Ponant, the French luxury small-ship line, is beginning to feel right at home in the Asia-Pacific region. It has released a new brochure for 2016-17 featuring 23 cruises to seven countries in Asia and numerous South Pacific journeys. In less than two years, Ponant has waved goodbye to rival Lindblad and created a firm local footprint, no doubt sweet irony for Ponant’s Australasian chairperson Sarina Bratton, known affectionately as the “first lady of cruise”.
Ms Bratton pioneered luxury expedition cruising with the Orion in 2004, a ship bought by Lindblad two years ago and now sailing the Mediterranean. But all of that is history as Ms Bratton deals with a ship fire in the Falklands and the enviable problem of not having enough cabins to meet demand. The ship fire crippled Le Boreal in November 2015, one of a quintet of superb expedition ships that epitomise the Ponant offering. Luckily, sister ship L’Austral and the British RAF were on hand.

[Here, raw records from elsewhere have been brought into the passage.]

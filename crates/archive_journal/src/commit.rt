//! The writes of a journal.
ghost use Rattle.std.specs.Prelude.{◌+◌, ◌^◌, ◌<◌, ◌++◌, ◌∷◌, [], length, OnOk};
ghost use Rattle.disk_model.specs.Disk.{Torn};
ghost use Rattle.disk_model.specs.View.{WhereTold, IsSynced, DiskRun, file_of};
ghost use Rattle.disk_model.specs.Effects.{WritesThrough};
ghost use Rattle.archive_journal.specs.Frames.{magic, open_gate, closed_gate, body_of, IsSized};
ghost use Rattle.archive_journal.specs.Writing.{MakesEmpty, AddsFrame};

use crate::fault::InitFault;
use crate::frame::{Frame, OPEN};
use disk_model::{Disk, write_through};
use exact_time::Failed;

// The file of a journal without payloads: the magic, and a closed gate.
const EMPTY: [u8; 17] = *b"FDSNARCHIVE-0001\0";

// Tests that the file is empty, and writes an empty journal.
pub(crate) fn begin<D: Disk>(disk: &mut D) -> Result<(), InitFault>
    ensures { MakesEmpty (D.view disk.old) (D.view disk.new) result }
{
    let len = disk.len()?;
    if len != 0 {
        return Err(InitFault::NotEmpty(len));
    }
    disk.write_at(0, &EMPTY)?;
    disk.sync()?;
    Ok(())
}

// Writes a frame behind its closed gate, with the next closed gate, and syncs.
fn bring<D: Disk>(disk: &mut D, gate: u64, frame: &Frame) -> Result<(), Failed>
    requires inside { WhereTold (D.view disk.old) (gate < length (file_of (D.view disk.old))) }
    requires fits { gate < 2 ^ 63 }
    requires synced { WhereTold (D.view disk.old) (IsSynced (D.view disk.old)) }
    ensures sized { IsSized frame.now }
    ensures size { OnOk result (gate + 6 + length frame.now < 2 ^ 63) }
    ensures call { WritesThrough (gate + 1) (body_of frame.now ++ closed_gate ∷ []) (D.view disk.old) (D.view disk.new) result }
{
    write_through(disk, gate + 1, frame.as_slice())
}

// Opens a gate, and syncs.
fn open<D: Disk>(disk: &mut D, gate: u64) -> Result<(), Failed>
    requires inside { WhereTold (D.view disk.old) (gate < length (file_of (D.view disk.old))) }
    requires synced { WhereTold (D.view disk.old) (IsSynced (D.view disk.old)) }
    ensures { WritesThrough gate (open_gate ∷ []) (D.view disk.old) (D.view disk.new) result }
{
    write_through(disk, gate, &[OPEN])
}

// Adds a frame to a journal whose closed gate is at `gate`, in four calls: writes the frame and the next
// closed gate, syncs, opens the gate, syncs. Before the gate is opened all that it will show is on the
// disk; so at every moment every image is a journal of the payloads of before, or of these and the
// frame's.
pub(crate) fn add_frame<D: Disk>(disk: &mut D, gate: u64, frame: &Frame) -> Result<(), Failed>
    requires inside { WhereTold (D.view disk.old) (gate < length (file_of (D.view disk.old))) }
    requires fits { gate < 2 ^ 63 }
    requires synced { WhereTold (D.view disk.old) (IsSynced (D.view disk.old)) }
    ensures sized { IsSized frame.now }
    ensures size { OnOk result (gate + 6 + length frame.now < 2 ^ 63) }
    ensures call { AddsFrame gate frame.now (D.view disk.old) (D.view disk.new) result }
{
    bring(disk, gate, frame)?;
    open(disk, gate)
}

Ms Bratton believes Ponant now has the luxury expedition market almost all to itself, and is keenly building Australasian destinations. She believes Ponant is supreme in the Polar Regions, and ship charters from China are flowing in. “China just wants to take more and more space in the polar regions, if we would give it to them,” Ms Bratton said.
Modern Scandinavian interiors and technology that can turn each ship from a luxury yacht in Europe to an Arctic explorer have given Ponant a competitive advantage. And while Silversea, Seabourn and Regent Seven Seas are also ramping up, Ms Bratton maintains that Ponant is still the only true expedition line around. “We’re very different. The world expedition ships, apart from the fact they’re old most – I think the average age is about 30 plus – cannot morph between expedition and luxury. We can do that anytime. “
The company was acquired recently by Artemis SA, the holding company of France’s billionaire Pinault family, adding to assets such as Christie’s, Chateau Latour and Gucci. Ms Bratton said the company was the sort of investor Ponant needed because the next stage is yet more growth. She believes eventually Ponant will need another four ships.
“The company must grow– we’re just running out of inventory and the sort of position that we’re in now already for 2016 and 2017 is so strong that we’ve got a limitation on inventory, which is a lovely position to be in – however it means that we really do need additional ships to continue to expand the business.
“We’ve got three ships down in Antarctica now, were going to have one of our vessels for the first time doing the New Zealand Sub Antarctica to Macquarie Island, so we are a polar specialist but also we see that, what we term as green and blue expedition having an enormous future as well.”